The EUMillennialsTOUR® is about the development of a transnational digital-tourism product, supported by high-technology features to increase tourism arrivals in the low-middle season.
The value proposition is in delivering a system ready to capture millennials' wishes to travel, and to influence their behaviors (wishes, attitude to select destinations) towards special and unusual purpose and seasons along the year.
To do this, we reversed analytics to detect tourism dynamics. For each region at different times, and basing on spatial and seasonal patterns sampled through sensors (ThePrimate®)and experts insights (AbC3®), we forced the classic destination management system (DMS) to match attractions with unusual factors and unrequited bookings purchased according to the most common seasonal trends.
As a result, X23 with a group of key-partners has developed a system for seeking and booking touristic routes endowed with hyper-peculiarities, unmanaged by the common DMS in the touristic market.

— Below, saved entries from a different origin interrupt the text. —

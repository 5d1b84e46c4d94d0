// A device of formulas over digests, for tests and examples.
ghost use Rattle.std.specs.Prelude.{◌≡◌, Some};

use crate::toy_formulas::{is_refused, toy_point, toy_secret, toy_signature};
use crate::{DeviceFault, KeyDevice, Made, Point};

/// A key device of formulas over SHA-256, which works the same everywhere and gives no security:
/// who knows its seed knows every key, and its public keys need not lie on the curve. Devices of
/// one seed work together, whatever their owners. It wants no memory.
#[derive(Clone, Copy, Debug)]
pub struct ToyDevice {
    seed: u64,
    owner: u64,
    next: Option<u32>,
    faults: u64,
}

impl ToyDevice {
    ghost use Rattle.key_device.specs.Toy.{toy_point};
    ghost use Rattle.key_device.specs.ToyDevice.{seed_of, owner_of, next_key, faults_of};

    /// A device whose `fresh` hands out the keys `first`, `first + 1` and so on.
    pub fn new(seed: u64, owner: u64, first: u32) -> ToyDevice
        ensures seed { seed_of result ≡ seed }
        ensures owner { owner_of result ≡ owner }
        ensures next { next_key result ≡ Some first }
        ensures faults { faults_of result ≡ 0 }
    {
        ToyDevice {
            seed,
            owner,
            next: Some(first),
            faults: 0,
        }
    }

    fn point(&self, key: u32) -> Point
        ensures { result ≡ toy_point (seed_of self.now) (owner_of self.now) key }
    {
        toy_point(self.seed, self.owner, key)
    }
}

impl KeyDevice for ToyDevice {
    ghost use Rattle.key_device.specs.ToyDevice.{ToyGives, faults_of};

    ghost gives = { ToyGives };

    ghost unasked = { λ _ _. ⊥ };

    ghost faults = { λ d. faults_of d };

    fn fresh(&mut self) -> Result<Made, DeviceFault> {
        let Some(key) = self.next else {
            self.faults = self.faults.saturating_add(1);
            return Err(DeviceFault::Failed);
        };
        self.next = key.checked_add(1);
        Ok(Made {
            key,
            public: self.point(key),
        })
    }

    fn agree(&mut self, key: u32, peer: &Point) -> Result<Option<[u8; 32]>, DeviceFault> {
        if is_refused(peer) {
            return Ok(None);
        }
        Ok(Some(toy_secret(self.seed, &self.point(key), peer)))
    }

    fn sign(&mut self, key: u32, message: &[u8]) -> Result<[u8; 64], DeviceFault> {
        Ok(toy_signature(self.seed, &self.point(key), message))
    }

    fn verify(
        &mut self,
        public: &Point,
        message: &[u8],
        signature: &[u8; 64],
    ) -> Result<bool, DeviceFault> {
        Ok(signature[..] == toy_signature(self.seed, public, message)[..])
    }
}
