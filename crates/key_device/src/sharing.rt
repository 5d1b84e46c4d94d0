// The types of the crate between threads.
use crate::{Exchange, Recorder, ReplayDevice, ToyDevice};
use mdoc_outside::{is_send, is_sync};

/// Holds no work: that it compiles shows that the devices, a recorder of such a device, and
/// exchanges may move to another thread and be shared between threads.
pub fn types_are_send_and_sync<D: Send + Sync>() {
    is_send::<Exchange>();
    is_sync::<Exchange>();
    is_send::<Recorder<D>>();
    is_sync::<Recorder<D>>();
    is_send::<ReplayDevice>();
    is_sync::<ReplayDevice>();
    is_send::<ToyDevice>();
    is_sync::<ToyDevice>();
}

Hyper- and super- peculiarities results as a magic formula to allow touristic sites and point of interest to overcome the unproductive periods of low seasons. At the same time, it allows customers (i.e. schools that organize trips for their students) to identify infinite thematic routes by very granular factors similar to any special need.
Four pilot-trips has been tested by 4 schools from Italy, Germany, Belgium and the UK. Two tour operators from STA Travel (UK) and CTS (Italy) modified the scheme produced by the algos on the map. The semantic-key set in the pilot trips refers to industrial heritage, a special typology in touristic destination commonly considered as peripheral in tourism industry.
.Case study #3
Destination Management System w/ Cognitives, Semantic, Machine Learning.

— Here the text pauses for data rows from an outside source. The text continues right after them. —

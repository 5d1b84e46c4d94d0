// A key that a device made.
use crate::Point;

/// A key that a device made: the number by which the device knows it, and its public key.
#[derive(Clone, Copy, Debug, PartialEq, Eq)]
pub struct Made {
    /// The number of the key, within its device.
    pub key: u32,
    /// The public key.
    pub public: Point,
}
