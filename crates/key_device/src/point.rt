// A public key.

/// A public key: the coordinates of a point of the curve P-256, each 32 bytes big-endian
/// (RFC 9053, section 7.1.1). Nothing says that the point lies on the curve.
#[derive(Clone, Copy, Debug, PartialEq, Eq)]
pub struct Point {
    /// The x coordinate.
    pub x: [u8; 32],
    /// The y coordinate.
    pub y: [u8; 32],
}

The pilot trips actions aimed at determine predictive modeling and Supervised Machine Learning models (sMLM), consisting of the semi-automatic pre-classification of text streams and documents based on semantic tagging, parsing and extraction of linguistic concepts related to the EUMillennialsTOUR project, in particular related to the pilot experiences and e-learning delivery. The action was focused on identifying a deterministic generation of auxiliary variables, for setting out the seasonal, cyclic and trend components of the time series, experiences, and users’ behaviours associated with tourism demand for the machine learning models. To this extent, we have adopted a Multilayer Perceptron (MLP) regression, and support vector regression (SVR) models, both well- known SOTA machine learning models. The scope was to create a complete set of weighted data, ready to be analyzed/mined by the evaluation process so that we could test the contribution of the deterministically generated auxiliary variable. In fact, these models are usually adopted to forecast tourism trends and demands by customer intelligence behaviour and in particular with respect to 2 main data sets: raw data set (directly drawn from the informal data coming from social media stream) and data set with deterministically generated auxiliary variables. The action enable us to determine an automatic classification of information based on inductive techniques of linguistic comparison and on syntactic and formal semantics.